BEGIN INFORMATION GIVEN

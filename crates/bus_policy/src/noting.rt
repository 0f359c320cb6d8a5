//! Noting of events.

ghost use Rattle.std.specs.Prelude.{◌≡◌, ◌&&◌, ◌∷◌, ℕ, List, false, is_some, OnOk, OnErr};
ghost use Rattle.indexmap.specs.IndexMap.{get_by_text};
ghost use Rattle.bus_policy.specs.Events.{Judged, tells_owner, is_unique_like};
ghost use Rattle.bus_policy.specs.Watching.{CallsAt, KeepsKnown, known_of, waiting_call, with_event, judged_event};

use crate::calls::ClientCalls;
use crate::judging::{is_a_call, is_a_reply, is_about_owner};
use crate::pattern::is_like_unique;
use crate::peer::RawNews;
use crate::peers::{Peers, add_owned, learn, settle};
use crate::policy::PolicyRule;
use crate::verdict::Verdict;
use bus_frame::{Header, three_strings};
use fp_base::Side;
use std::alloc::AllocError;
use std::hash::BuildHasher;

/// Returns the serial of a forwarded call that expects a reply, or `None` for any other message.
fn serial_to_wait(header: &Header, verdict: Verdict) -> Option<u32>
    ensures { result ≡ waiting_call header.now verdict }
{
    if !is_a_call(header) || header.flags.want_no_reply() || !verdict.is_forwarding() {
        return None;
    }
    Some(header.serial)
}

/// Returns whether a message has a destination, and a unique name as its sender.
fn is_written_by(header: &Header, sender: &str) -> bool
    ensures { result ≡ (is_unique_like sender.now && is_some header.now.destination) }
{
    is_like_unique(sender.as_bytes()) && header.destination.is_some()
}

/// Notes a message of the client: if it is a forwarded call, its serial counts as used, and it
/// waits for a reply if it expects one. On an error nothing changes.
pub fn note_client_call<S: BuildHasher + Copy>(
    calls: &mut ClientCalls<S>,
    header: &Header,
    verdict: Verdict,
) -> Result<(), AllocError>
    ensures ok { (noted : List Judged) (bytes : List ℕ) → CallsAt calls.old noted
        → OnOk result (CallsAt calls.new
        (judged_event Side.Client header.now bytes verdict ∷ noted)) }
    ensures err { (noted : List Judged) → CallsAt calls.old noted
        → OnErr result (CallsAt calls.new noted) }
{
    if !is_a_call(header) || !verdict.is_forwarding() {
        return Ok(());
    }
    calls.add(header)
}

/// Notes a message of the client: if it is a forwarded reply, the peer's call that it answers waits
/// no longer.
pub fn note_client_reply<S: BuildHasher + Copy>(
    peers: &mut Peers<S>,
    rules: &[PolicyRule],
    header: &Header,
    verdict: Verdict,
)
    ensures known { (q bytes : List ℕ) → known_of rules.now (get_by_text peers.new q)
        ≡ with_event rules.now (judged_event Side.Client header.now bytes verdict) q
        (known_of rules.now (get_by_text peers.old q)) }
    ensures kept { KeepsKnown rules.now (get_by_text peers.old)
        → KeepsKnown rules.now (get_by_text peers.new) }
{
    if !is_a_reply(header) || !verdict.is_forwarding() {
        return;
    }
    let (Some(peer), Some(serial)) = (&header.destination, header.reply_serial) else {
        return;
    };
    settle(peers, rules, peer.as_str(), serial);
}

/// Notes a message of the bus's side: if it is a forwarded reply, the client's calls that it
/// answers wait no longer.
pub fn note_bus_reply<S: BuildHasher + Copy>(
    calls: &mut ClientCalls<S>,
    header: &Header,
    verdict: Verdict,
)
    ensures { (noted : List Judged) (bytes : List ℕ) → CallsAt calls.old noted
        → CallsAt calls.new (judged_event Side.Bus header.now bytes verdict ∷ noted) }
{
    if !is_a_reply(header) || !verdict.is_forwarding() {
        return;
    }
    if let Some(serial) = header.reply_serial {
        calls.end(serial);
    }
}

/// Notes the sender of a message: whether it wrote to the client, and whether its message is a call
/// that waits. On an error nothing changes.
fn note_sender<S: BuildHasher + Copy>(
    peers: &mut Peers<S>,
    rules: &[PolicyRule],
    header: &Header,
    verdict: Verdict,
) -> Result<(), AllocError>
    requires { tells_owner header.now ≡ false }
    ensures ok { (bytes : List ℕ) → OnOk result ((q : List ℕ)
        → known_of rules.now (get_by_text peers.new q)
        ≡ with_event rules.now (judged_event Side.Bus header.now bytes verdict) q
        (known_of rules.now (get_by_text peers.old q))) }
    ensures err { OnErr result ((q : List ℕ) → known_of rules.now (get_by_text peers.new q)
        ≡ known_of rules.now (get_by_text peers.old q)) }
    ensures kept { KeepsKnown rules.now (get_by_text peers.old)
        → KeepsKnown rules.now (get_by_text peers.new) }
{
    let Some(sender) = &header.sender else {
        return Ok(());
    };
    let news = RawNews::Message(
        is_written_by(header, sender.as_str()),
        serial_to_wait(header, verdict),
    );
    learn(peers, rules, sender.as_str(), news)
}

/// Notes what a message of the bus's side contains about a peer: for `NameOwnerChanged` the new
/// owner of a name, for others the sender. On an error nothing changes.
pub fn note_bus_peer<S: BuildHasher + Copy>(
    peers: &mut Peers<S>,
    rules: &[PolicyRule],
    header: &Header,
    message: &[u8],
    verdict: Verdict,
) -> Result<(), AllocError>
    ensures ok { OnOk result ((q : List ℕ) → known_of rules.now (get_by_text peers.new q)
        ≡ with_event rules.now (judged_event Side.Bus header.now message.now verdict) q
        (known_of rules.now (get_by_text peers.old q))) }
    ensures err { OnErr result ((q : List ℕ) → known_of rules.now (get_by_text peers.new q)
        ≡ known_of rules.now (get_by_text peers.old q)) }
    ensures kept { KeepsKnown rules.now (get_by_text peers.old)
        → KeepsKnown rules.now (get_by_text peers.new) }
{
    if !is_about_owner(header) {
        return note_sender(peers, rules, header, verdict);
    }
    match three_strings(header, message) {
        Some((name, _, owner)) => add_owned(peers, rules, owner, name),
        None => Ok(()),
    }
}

END INFORMATION GIVEN

Lines containing the word "BuildHasher" must be found in the data above and copied.

:: ANSWER TO THIS EXERCISE ::
use std::hash::BuildHasher;
pub fn note_client_call<S: BuildHasher + Copy>(
pub fn note_client_reply<S: BuildHasher + Copy>(
pub fn note_bus_reply<S: BuildHasher + Copy>(
fn note_sender<S: BuildHasher + Copy>(
pub fn note_bus_peer<S: BuildHasher + Copy>(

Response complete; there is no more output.